# How to clean an insulator?



## Worldcupkeeper

I recently got my first insulator and its covered with this black stuff that wont budge.  Ive tried scrubbing it with steel wool, and just about everything I can think of at the moment. Whats the best way to clean that stuff off?


----------



## Inkman

Try some Oxalic Acid. Im pretty sure it can be purchased at the local hardware. Its probably the best stuff to take off that black train smoke.


----------



## bikegoon

I go to ace hardware, I buy a tub of wood bleach "Oxalic acid"
 I run large batches at a time of 30-40 insulators in a large plastic tub.
 I use the whole tub, you may need to step it down a bit if only cleaning a few.
 I slowly mix in the acid into the hot water in the tub and slowly mix it in.

 I soak the insulators a good 24 hours.

 Then have a second tub nearby, half full of water and mix in a box of baking soda, this nuetralizes the acid.
 Rinse and then take the brillo scouring pads and scrub the inner skirt and watch the smoke go bye bye.

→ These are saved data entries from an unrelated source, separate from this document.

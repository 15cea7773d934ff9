//! The layout that an assignment describes.
ghost use Rattle.std.specs.Prelude.{◌<◌, IfOk, AllPairs};
ghost use Rattle.bt_model.specs.Laying.{Lays};
ghost use Rattle.bt_place.specs.Solutions.{IsSolution, ComesAbove};
ghost use Rattle.bt_place.specs.inner.Grid.{spots_in};
ghost use Rattle.bt_place.specs.inner.Told.{IsSolved};
ghost use Rattle.bt_place.specs.inner.Reaching.{AreMarks, HasStarts, TellsKind, TellsPart};

use crate::grid::{cell_of, spots};
use crate::numbering::Numbers;
use crate::reaching::reached;
use crate::reading::Reading;
use bt_facts::{Content, Half, Shape};
use bt_model::Request;
use bt_parts::{Kind, Part};
use std::alloc::{AllocError, Global};

/// The kind of the part whose own cell has this shape: none for the greater half of a splitter.
fn kind_of(shape: Shape) -> Option<Kind>
    ensures { TellsKind shape result }
{
    match shape {
        Shape::Belt => Some(Kind::Belt),
        Shape::Entrance => Some(Kind::Entrance),
        Shape::Exit => Some(Kind::Exit),
        Shape::Half(Half::Lesser) => Some(Kind::Splitter),
        Shape::Half(Half::Greater) => None,
    }
}

/// The part whose own cell has this number; none where nothing stands there, or the greater half of a splitter.
fn part_on(reading: &Reading, i: usize) -> Option<Part>
    requires solved { IsSolved reading.now }
    requires within { i < spots_in reading.now.request.rect }
    ensures { TellsPart reading.now i result }
{
    let Content::Turned(shape, dir) = reading.content(i) else {
        return None;
    };
    let Some(kind) = kind_of(shape) else {
        return None;
    };
    Some(Part {
        kind,
        tier: reading.tier(),
        dir,
        cell: cell_of(reading.rect(), i),
    })
}

/// The parts whose own cells are marked, in the order of the cells.
fn parts_on(alloc: Global, reading: &Reading, marks: &[bool]) -> Result<Vec<Part>, AllocError>
    requires solved { IsSolved reading.now }
    requires marks { AreMarks reading.now marks.now }
    requires starts { HasStarts reading.now marks.now (spots_in reading.now.request.rect) }
    ensures lays { IfOk result (λ parts. Lays parts.items reading.now.request) }
    ensures in_order { IfOk result (λ parts. AllPairs ComesAbove parts.items) }
{
    let mut parts = Vec::new(alloc);
    for i in 0..spots(reading.rect()) {
        if !marks[i] {
            continue;
        }
        if let Some(part) = part_on(reading, i) {
            parts.push(part)?;
        }
    }
    Ok(parts)
}

/// The layout that an assignment of the request's placement formula describes: it lays the request.
///
/// The assignment meets the formula. It also says what stands on cells to which nothing comes, in closed
/// rings of belts and underground pieces: those are left out. The parts come in ascending order of y and
/// then x of their cells. The only error is want of memory.
pub fn decode(
    alloc: Global,
    request: &Request,
    assignment: &[bool],
) -> Result<Vec<Part>, AllocError>
    requires { IsSolution request.now assignment.now }
    ensures lays { IfOk result (λ parts. Lays parts.items request.now) }
    ensures in_order { IfOk result (λ parts. AllPairs ComesAbove parts.items) }
{
    let numbers = Numbers::new(alloc, request)?;
    let reading = Reading::new(request, &numbers, assignment);
    let marks = reached(alloc, &reading)?;
    parts_on(alloc, &reading, &marks)
}
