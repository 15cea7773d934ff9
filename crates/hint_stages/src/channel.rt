//! The belts between two ranks of a block: two rows of splitters, of which the lower one has two halves side by side, and each
//! half leads to all of the upper one. The upper splitters stand so that each lower one leads to the one over it, and to the
//! one as far into the other half: so half of the lines go straight to the north, and the others change places.
ghost use Rattle.std.specs.Prelude.{IsTrue};
ghost use Rattle.bt_model.specs.Requests.{IsGrid};

use crate::drawn::{Channel, drawn_channel};
use bt_model::{MOST_ACROSS, Request};
use bt_net::{Admitted, Edge, Net, NetFault, read};
use bt_parts::{Cell, Dir, Rect, Tier};
use hint_numbering::joined;
use hint_routing::{Effort, Negotiated, Places, Spans, Stand, negotiate};
use std::alloc::{AllocError, Global};

/// How many rows more than the fewest that are likely are tried.
const MORE_ROWS: u32 = 24;

/// How many chains may be laid for one channel.
const MOST_CHAINS: u32 = 40_000;

/// How long the chains of a channel negotiate: the splitters stay where they are, so only more rounds help.
const EFFORT: Effort = Effort {
    rounds: 600,
    patience: 150,
    trial: usize::MAX,
};

/// The fewest rows in which the router is likely to lead so many lines: half of the lines cross the middle, and hardly more
/// than one in a row. Fewer rows cost more rounds than they are worth.
fn fewest_rows(lines: u32) -> u32 {
    (lines / 2).saturating_add(2).max(6)
}

/// Adds the bytes of a text.
fn push_text(text: &mut Vec<u8>, piece: &str) -> Result<(), AllocError> {
    text.extend_from_slice(piece.as_bytes())?;
    Ok(())
}

/// Adds the edges of the lower splitter with this number: from two inputs, and to two of the upper row; and the edges
/// from the upper one with this number to two outputs.
fn push_lower(alloc: Global, text: &mut Vec<u8>, half: u32, lower: u32) -> Result<(), AllocError> {
    let first = lower % half.max(1);
    let second = first.saturating_add(half);
    let (one, other) = (
        lower.saturating_mul(2),
        lower.saturating_mul(2).saturating_add(1),
    );
    let upper = half.saturating_mul(2);
    let number = upper.saturating_add(lower);
    push_text(
        text,
        &format!(in alloc; "edge i{one} s{number}\nedge i{other} s{number}\n")?,
    )?;
    push_text(
        text,
        &format!(in alloc; "edge s{number} s{first}\nedge s{number} s{second}\n")?,
    )?;
    push_text(
        text,
        &format!(in alloc; "edge s{lower} o{one}\nedge s{lower} o{other}\n")?,
    )
}

/// The text of a network of two ranks that a channel joins: so many lower splitters are in each half, and the numbers of the
/// upper ones come first.
fn text_of(alloc: Global, half: u32) -> Result<Vec<u8>, AllocError> {
    let mut text = Vec::new(alloc);
    let lines = half.saturating_mul(4);
    push_text(
        &mut text,
        &format!(in alloc; "net {lines} {lines} {lines}\n")?,
    )?;
    for lower in 0..half.saturating_mul(2) {
        push_lower(alloc, &mut text, half, lower)?;
    }
    push_text(&mut text, "end\n")?;
    Ok(text)
}

/// The network of two ranks that a channel joins; none where it is too large to be read.
fn net_of(alloc: Global, half: u32) -> Result<Option<Net>, AllocError> {
    let text = text_of(alloc, half)?;
    match read(alloc, Admitted::Nothing, &text) {
        Ok(found) => Ok(Some(found.net)),
        Err(NetFault::Memory) => Err(AllocError),
        Err(_) => Ok(None),
    }
}

/// Whether a rectangle is one that a request may have.
fn is_grid(rect: Rect) -> bool
    ensures { IsTrue result → IsGrid rect }
{
    let Rect { width, height } = rect;
    width >= 1 && width <= MOST_ACROSS && height >= 1 && height <= MOST_ACROSS
}

/// The request for the two ranks of a channel with so many rows between; none where its rectangle is no grid.
fn request_of(
    alloc: Global,
    tier: Tier,
    half: u32,
    rows: u32,
) -> Result<Option<Request>, AllocError> {
    let rect = Rect {
        width: half.saturating_mul(4),
        height: rows.saturating_add(2),
    };
    let Some(net) = net_of(alloc, half)? else {
        return Ok(None);
    };
    if !is_grid(rect) {
        return Ok(None);
    }
    match Request::new(net, rect, tier, Vec::new(alloc), Vec::new(alloc)) {
        Ok(request) => Ok(Some(request)),
        Err(_) => Ok(None),
    }
}

/// The first cell of the row that is so many rows under the topmost one.
fn row_start(rows: u32) -> Cell {
    let mut cell = Cell { x: 0, y: 0 };
    for _ in 0..rows {
        cell = cell.next(Dir::South);
    }
    cell
}

/// Adds the stands of `count` splitters side by side that look to the north, of which the first begins with this cell.
fn push_stands(stands: &mut Vec<Stand>, first: Cell, count: u32) -> Result<(), AllocError> {
    let mut cell = first;
    for _ in 0..count {
        stands.push(Stand {
            cell,
            dir: Dir::North,
        })?;
        cell = cell.next(Dir::East).next(Dir::East);
    }
    Ok(())
}

/// The edges that join two splitters.
fn inner_edges(alloc: Global, request: &Request) -> Result<Vec<Edge>, AllocError> {
    let mut edges = Vec::new(alloc);
    for edge in request.net().edges() {
        if joined(edge).is_some() {
            edges.push(*edge)?;
        }
    }
    Ok(edges)
}

/// The channel of blocks with so many splitters in each half and so many rows between, where the router lays it.
fn channel_of(
    alloc: Global,
    tier: Tier,
    half: u32,
    rows: u32,
) -> Result<Option<Channel>, AllocError> {
    let Some(request) = request_of(alloc, tier, half, rows)? else {
        return Ok(None);
    };
    let across = half.saturating_mul(2);
    let mut stands = Vec::new(alloc);
    push_stands(&mut stands, row_start(0), across)?;
    push_stands(&mut stands, row_start(rows.saturating_add(1)), across)?;
    let edges = inner_edges(alloc, &request)?;
    let mut left = MOST_CHAINS;
    let places = Places {
        stands: &stands,
        spans: Spans::none(),
    };
    match negotiate(alloc, &request, &edges, places, EFFORT, &mut left)? {
        Negotiated::Settled(chains) => Ok(Some(Channel {
            chains,
            height: rows,
        })),
        Negotiated::Shared(_) => Ok(None),
    }
}

/// A channel of blocks with so many splitters in each half: one that is kept as a drawing, or else in as few rows as
/// the router comes to. None where that has more than `most` rows, or none is found.
pub fn find_channel(
    alloc: Global,
    tier: Tier,
    half: u32,
    most: u32,
) -> Result<Option<Channel>, AllocError> {
    let lines = half.saturating_mul(4);
    if let Some(channel) = drawn_channel(alloc, lines)? {
        return Ok(Some(channel).filter(|channel| channel.height <= most));
    }
    routed_channel(alloc, tier, half, most)
}

/// A channel of blocks with so many splitters in each half, in as few rows as the router comes to and at most so many.
fn routed_channel(
    alloc: Global,
    tier: Tier,
    half: u32,
    most: u32,
) -> Result<Option<Channel>, AllocError> {
    let fewest = fewest_rows(half.saturating_mul(4));
    for more in 0..MORE_ROWS {
        let rows = fewest.saturating_add(more);
        if rows > most {
            break;
        }
        let found = channel_of(alloc, tier, half, rows)?;
        if found.is_some() {
            return Ok(found);
        }
    }
    Ok(None)
}
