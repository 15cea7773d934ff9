//! Laws of the placement formula, as contracts of functions that do nothing.
ghost use Rattle.bt_place.specs.Laws.{LayingMeets, MeetingKeeps, UnlaidIsUnmet};

/// An assignment that meets the formula of a request, whoever found it, keeps each rule over facts.
pub fn meeting_keeps()
    ensures { MeetingKeeps }
{}

/// Each layout that lays a request gives an assignment that meets the request's formula: whatever naming,
/// curve, woven pair, empty chain, loop, parallel edges or half of a splitter it has. So where nothing meets
/// the formula, no layout lays the request.
pub fn laying_meets()
    ensures { LayingMeets }
{}

/// A request whose formula can be met has a layout: where no layout lays it, no assignment meets the formula.
pub fn unlaid_is_unmet()
    ensures { UnlaidIsUnmet }
{}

 It really looks amazing, there such pretty little things!


----------



## Worldcupkeeper

That sounds pretty easy to do, ill get a before and after pic once I get some of the wood bleach.


----------



## elmoleaf

If the black stuff is tar/oil based, I'm not sure oxalic will help.
 Try some turpentine/kerosene/or gasoline to see if it dissolves.


----------



## JGUIS

Before Oxalic acid


----------



## JGUIS

24 hours after oxalic acid.  Any questions?  I use 1/2 cup oxalic acid to 2 gallons of water.  Get a 5 gallon bucket with a lid, put water in it and an inch long piece of copper wire.  Dump in the acid, and stir.  Drop your insulators in, put the lid on, wait 24 hrs.  Use the green scotch brite pads, not the metal ones.  DON"T get it in your eyes, or mouth.  I reach in and grab the insulators barehanded, it's safe but will sting cuts or scratches till you rinse it off.  Put your lid back on and store in a safe place away from kids and pets.  It will keep indefinately, or at least untill the water evaporates.  If that happens, just add more water and stir.  The copper wire seems to help the mix from growing snot as quickly, when it appears, just scoop it out with something and flush it.  Hope this helps.  It will also take most rust and shovel marks off of bottles, but may take more than 24 hrs.


----------



## LC

Looks like it did a good job JGUIS, insulators look really nice. I will try that if I get the chance to do so.


----------



## jenn

does this stuff work on bottles or do you know [8|]


----------



## Brains

one time i used over cleaner to clean off a coupl common and one not so common insulator and it left the insulators with a nice (bad) haze and a fresh lemon scent. Dont use oven cleaner...


----------



## JGUIS

It works on rust stains on bottles, but not on the sickness.  Go to the dollar store(Dollar General) and grab some Barkeepers Friend.  It's oxalic acid with a light abrasive in it, and is cheap.  Wet a toothbrush, put some Barkeepers on it, and brush a dirty penny with it for a test.


----------